Exercise goal>
Restate the whole listing word for word, missing no line.

Source material>

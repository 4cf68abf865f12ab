//! The fields of a request.
ghost use Rattle.std.specs.Prelude.{◌≡◌, ◌||◌, ◌++◌, map, string_bytes};
ghost use Rattle.std.specs.List.{list_any, list_all};
ghost use Rattle.std.specs.Str.{bytes_eq};
ghost use Rattle.std.specs.BTreeMap.{keys};
ghost use Rattle.serde_json.specs.Find.{get};
ghost use Rattle.serde_json.specs.View.{view};
ghost use Rattle.session_lines.specs.Fields.{Reads, only, as_whole, whole, if_whole, rev_of, count_of};
ghost use Rattle.session_lines.specs.Fields.{at_rev_of, characters_of, kind_of, url_of, comment_of};
ghost use Rattle.session_lines.specs.Fields.{token_named, token_of};

use crate::kind::Kind;
use crate::refusal::Refusal;
use op_ids::Token;
use op_model::{CommentId, EditText, Url};
use serde_json::{Map, Value};
use std::alloc::Global;
use std::num::NonZeroU32;
use uuid::Uuid;

/// Refuses members of other names than these.
pub(crate) fn only(value: &Value, names: &[&str]) -> Result<(), Refusal>
    ensures { Reads result (only (map (λ name. name.now) names.now) (view value.now)) }
{
    only_both(value, &[], names)
}

/// Refuses members of other names than these and those.
pub(crate) fn only_both(value: &Value, outer: &[&str], own: &[&str]) -> Result<(), Refusal>
    ensures { Reads result
        (only (map (λ name. name.now) outer.now ++ map (λ name. name.now) own.now)
        (view value.now)) }
{
    match value.as_object() {
        Some(members) if are_among(members, outer, own) => Ok(()),
        _ => Err(Refusal::Field),
    }
}

/// Whether each member has one of these names, or one of those.
fn are_among(members: &Map<String, Value>, outer: &[&str], own: &[&str]) -> bool
    ensures { result ≡ list_all
        (λ key. list_any (λ other. bytes_eq other.now (string_bytes key)) outer.now
        || list_any (λ other. bytes_eq other.now (string_bytes key)) own.now)
        (keys members.now) }
{
    members
        .keys()
        .all(|key| is_among_both(key.as_str(), outer, own))
}

/// Whether a name is one of these, or one of those.
fn is_among_both(name: &str, outer: &[&str], own: &[&str]) -> bool
    ensures { result ≡ (list_any (λ other. bytes_eq other.now name.now) outer.now
        || list_any (λ other. bytes_eq other.now name.now) own.now) }
{
    is_among(name, outer) || is_among(name, own)
}

/// Whether a name is one of these.
fn is_among(name: &str, names: &[&str]) -> bool
    ensures { result ≡ list_any (λ other. bytes_eq other.now name.now) names.now }
{
    names.iter().any(|other| *other == name)
}

/// A number from this one to 2^32 - 1, written with no sign, fraction or exponent.
pub(crate) fn as_whole(value: &Value, low: u32) -> Option<u32>
    ensures { result ≡ as_whole low (view value.now) }
{
    let number = value.as_u64()?;
    if number < low as u64 || number > u32::MAX as u64 {
        return None;
    }
    Some(number as u32)
}

/// The field of this name, a whole number from this one on.
pub(crate) fn whole(value: &Value, key: &str, low: u32) -> Result<u32, Refusal>
    ensures { Reads result (whole key.now low (view value.now)) }
{
    match value.get(key) {
        Some(found) => as_whole(found, low).ok_or(Refusal::Field),
        None => Err(Refusal::Field),
    }
}

/// The number of operations that the document has to have, if one is asked for.
pub(crate) fn rev(value: &Value) -> Result<Option<u32>, Refusal>
    ensures { Reads result (rev_of (view value.now)) }
{
    optional(value, "rev")
}

/// The number of operations that the document is to be shown with, if one is asked for.
pub(crate) fn at_rev(value: &Value) -> Result<Option<u32>, Refusal>
    ensures { Reads result (at_rev_of (view value.now)) }
{
    optional(value, "at_rev")
}

/// The field of this name, a whole number, if there is one.
pub(crate) fn optional(value: &Value, key: &str) -> Result<Option<u32>, Refusal>
    ensures { Reads result (if_whole (get key.now (view value.now))) }
{
    match value.get(key) {
        Some(found) => match as_whole(found, 0) {
            Some(number) => Ok(Some(number)),
            None => Err(Refusal::Field),
        },
        None => Ok(None),
    }
}

/// The token that a UUID is, in any of its text forms but nil.
fn token_named(text: &str) -> Option<Token>
    ensures { result ≡ token_named text.now }
{
    match Uuid::parse_str(text) {
        Ok(id) => Token::from_uuid(id),
        Err(_) => None,
    }
}

/// The token of the edit, if it has one.
pub(crate) fn token(value: &Value) -> Result<Option<Token>, Refusal>
    ensures { Reads result (token_of (view value.now)) }
{
    let Some(found) = value.get("token") else {
        return Ok(None);
    };
    let token = found.as_str().and_then(token_named).ok_or(Refusal::Field)?;
    Ok(Some(token))
}

/// How many characters are deleted.
pub(crate) fn count(value: &Value) -> Result<NonZeroU32, Refusal>
    ensures { Reads result (count_of (view value.now)) }
{
    let count = whole(value, "count", 1)?;
    NonZeroU32::new(count).ok_or(Refusal::Field)
}

/// The characters that are inserted. An error is out of memory, or no text of at least one
/// character.
#[tactic(auto, using(std::proofs::lemmas::Str::chars_from_encodes))]
pub(crate) fn characters(alloc: Global, value: &Value) -> Result<EditText, Refusal>
    ensures { Reads result (characters_of (view value.now)) }
{
    let Some(text) = value.get("text").and_then(Value::as_str) else {
        return Err(Refusal::Field);
    };
    let characters = text.chars().collect(alloc)?;
    EditText::new(characters).ok_or(Refusal::Field)
}

/// The kind of mark.
pub(crate) fn kind(value: &Value) -> Result<Kind, Refusal>
    ensures { Reads result (kind_of (view value.now)) }
{
    value
        .get("kind")
        .and_then(Value::as_str)
        .and_then(Kind::named)
        .ok_or(Refusal::Field)
}

/// Where a link leads. An error is out of memory, or no text of 1 to 1,024 bytes.
pub(crate) fn url(alloc: Global, value: &Value) -> Result<Url, Refusal>
    ensures { Reads result (url_of (view value.now)) }
{
    let Some(text) = value.get("url").and_then(Value::as_str) else {
        return Err(Refusal::Field);
    };
    let text = String::from_str(alloc, text)?;
    Url::new(text).ok_or(Refusal::Field)
}

/// The name of a comment, a UUID in any of its text forms.
pub(crate) fn comment(value: &Value) -> Result<CommentId, Refusal>
    ensures { Reads result (comment_of (view value.now)) }
{
    let Some(text) = value.get("id").and_then(Value::as_str) else {
        return Err(Refusal::Field);
    };
    match Uuid::parse_str(text) {
        Ok(id) => Ok(CommentId::read(id.into_bytes())),
        Err(_) => Err(Refusal::Field),
    }
}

Solution to the problem>
repository 4cf68abf865f12ab
//! The fields of a request.
ghost use Rattle.std.specs.Prelude.{◌≡◌, ◌||◌, ◌++◌, map, string_bytes};
ghost use Rattle.std.specs.List.{list_any, list_all};
ghost use Rattle.std.specs.Str.{bytes_eq};
ghost use Rattle.std.specs.BTreeMap.{keys};
ghost use Rattle.serde_json.specs.Find.{get};
ghost use Rattle.serde_json.specs.View.{view};
ghost use Rattle.session_lines.specs.Fields.{Reads, only, as_whole, whole, if_whole, rev_of, count_of};
ghost use Rattle.session_lines.specs.Fields.{at_rev_of, characters_of, kind_of, url_of, comment_of};
ghost use Rattle.session_lines.specs.Fields.{token_named, token_of};

use crate::kind::Kind;
use crate::refusal::Refusal;
use op_ids::Token;
use op_model::{CommentId, EditText, Url};
use serde_json::{Map, Value};
use std::alloc::Global;
use std::num::NonZeroU32;
use uuid::Uuid;

/// Refuses members of other names than these.
pub(crate) fn only(value: &Value, names: &[&str]) -> Result<(), Refusal>
    ensures { Reads result (only (map (λ name. name.now) names.now) (view value.now)) }
{
    only_both(value, &[], names)
}

/// Refuses members of other names than these and those.
pub(crate) fn only_both(value: &Value, outer: &[&str], own: &[&str]) -> Result<(), Refusal>
    ensures { Reads result
        (only (map (λ name. name.now) outer.now ++ map (λ name. name.now) own.now)
        (view value.now)) }
{
    match value.as_object() {
        Some(members) if are_among(members, outer, own) => Ok(()),
        _ => Err(Refusal::Field),
    }
}

/// Whether each member has one of these names, or one of those.
fn are_among(members: &Map<String, Value>, outer: &[&str], own: &[&str]) -> bool
    ensures { result ≡ list_all
        (λ key. list_any (λ other. bytes_eq other.now (string_bytes key)) outer.now
        || list_any (λ other. bytes_eq other.now (string_bytes key)) own.now)
        (keys members.now) }
{
    members
        .keys()
        .all(|key| is_among_both(key.as_str(), outer, own))
}

/// Whether a name is one of these, or one of those.
fn is_among_both(name: &str, outer: &[&str], own: &[&str]) -> bool
    ensures { result ≡ (list_any (λ other. bytes_eq other.now name.now) outer.now
        || list_any (λ other. bytes_eq other.now name.now) own.now) }
{
    is_among(name, outer) || is_among(name, own)
}

/// Whether a name is one of these.
fn is_among(name: &str, names: &[&str]) -> bool
    ensures { result ≡ list_any (λ other. bytes_eq other.now name.now) names.now }
{
    names.iter().any(|other| *other == name)
}

/// A number from this one to 2^32 - 1, written with no sign, fraction or exponent.
pub(crate) fn as_whole(value: &Value, low: u32) -> Option<u32>
    ensures { result ≡ as_whole low (view value.now) }
{
    let number = value.as_u64()?;
    if number < low as u64 || number > u32::MAX as u64 {
        return None;
    }
    Some(number as u32)
}

/// The field of this name, a whole number from this one on.
pub(crate) fn whole(value: &Value, key: &str, low: u32) -> Result<u32, Refusal>
    ensures { Reads result (whole key.now low (view value.now)) }
{
    match value.get(key) {
        Some(found) => as_whole(found, low).ok_or(Refusal::Field),
        None => Err(Refusal::Field),
    }
}

/// The number of operations that the document has to have, if one is asked for.
pub(crate) fn rev(value: &Value) -> Result<Option<u32>, Refusal>
    ensures { Reads result (rev_of (view value.now)) }
{
    optional(value, "rev")
}

/// The number of operations that the document is to be shown with, if one is asked for.
pub(crate) fn at_rev(value: &Value) -> Result<Option<u32>, Refusal>
    ensures { Reads result (at_rev_of (view value.now)) }
{
    optional(value, "at_rev")
}

/// The field of this name, a whole number, if there is one.
pub(crate) fn optional(value: &Value, key: &str) -> Result<Option<u32>, Refusal>
    ensures { Reads result (if_whole (get key.now (view value.now))) }
{
    match value.get(key) {
        Some(found) => match as_whole(found, 0) {
            Some(number) => Ok(Some(number)),
            None => Err(Refusal::Field),
        },
        None => Ok(None),
    }
}

/// The token that a UUID is, in any of its text forms but nil.
fn token_named(text: &str) -> Option<Token>
    ensures { result ≡ token_named text.now }
{
    match Uuid::parse_str(text) {
        Ok(id) => Token::from_uuid(id),
        Err(_) => None,
    }
}

/// The token of the edit, if it has one.
pub(crate) fn token(value: &Value) -> Result<Option<Token>, Refusal>
    ensures { Reads result (token_of (view value.now)) }
{
    let Some(found) = value.get("token") else {
        return Ok(None);
    };
    let token = found.as_str().and_then(token_named).ok_or(Refusal::Field)?;
    Ok(Some(token))
}

/// How many characters are deleted.
pub(crate) fn count(value: &Value) -> Result<NonZeroU32, Refusal>
    ensures { Reads result (count_of (view value.now)) }
{
    let count = whole(value, "count", 1)?;
    NonZeroU32::new(count).ok_or(Refusal::Field)
}

/// The characters that are inserted. An error is out of memory, or no text of at least one
/// character.
#[tactic(auto, using(std::proofs::lemmas::Str::chars_from_encodes))]
pub(crate) fn characters(alloc: Global, value: &Value) -> Result<EditText, Refusal>
    ensures { Reads result (characters_of (view value.now)) }
{
    let Some(text) = value.get("text").and_then(Value::as_str) else {
        return Err(Refusal::Field);
    };
    let characters = text.chars().collect(alloc)?;
    EditText::new(characters).ok_or(Refusal::Field)
}

/// The kind of mark.
pub(crate) fn kind(value: &Value) -> Result<Kind, Refusal>
    ensures { Reads result (kind_of (view value.now)) }
{
    value
        .get("kind")
        .and_then(Value::as_str)
        .and_then(Kind::named)
        .ok_or(Refusal::Field)
}

/// Where a link leads. An error is out of memory, or no text of 1 to 1,024 bytes.
pub(crate) fn url(alloc: Global, value: &Value) -> Result<Url, Refusal>
    ensures { Reads result (url_of (view value.now)) }
{
    let Some(text) = value.get("url").and_then(Value::as_str) else {
        return Err(Refusal::Field);
    };
    let text = String::from_str(alloc, text)?;
    Url::new(text).ok_or(Refusal::Field)
}

/// The name of a comment, a UUID in any of its text forms.
pub(crate) fn comment(value: &Value) -> Result<CommentId, Refusal>
    ensures { Reads result (comment_of (view value.now)) }
{
    let Some(text) = value.get("id").and_then(Value::as_str) else {
        return Err(Refusal::Field);
    };
    match Uuid::parse_str(text) {
        Ok(id) => Ok(CommentId::read(id.into_bytes())),
        Err(_) => Err(Refusal::Field),
    }
}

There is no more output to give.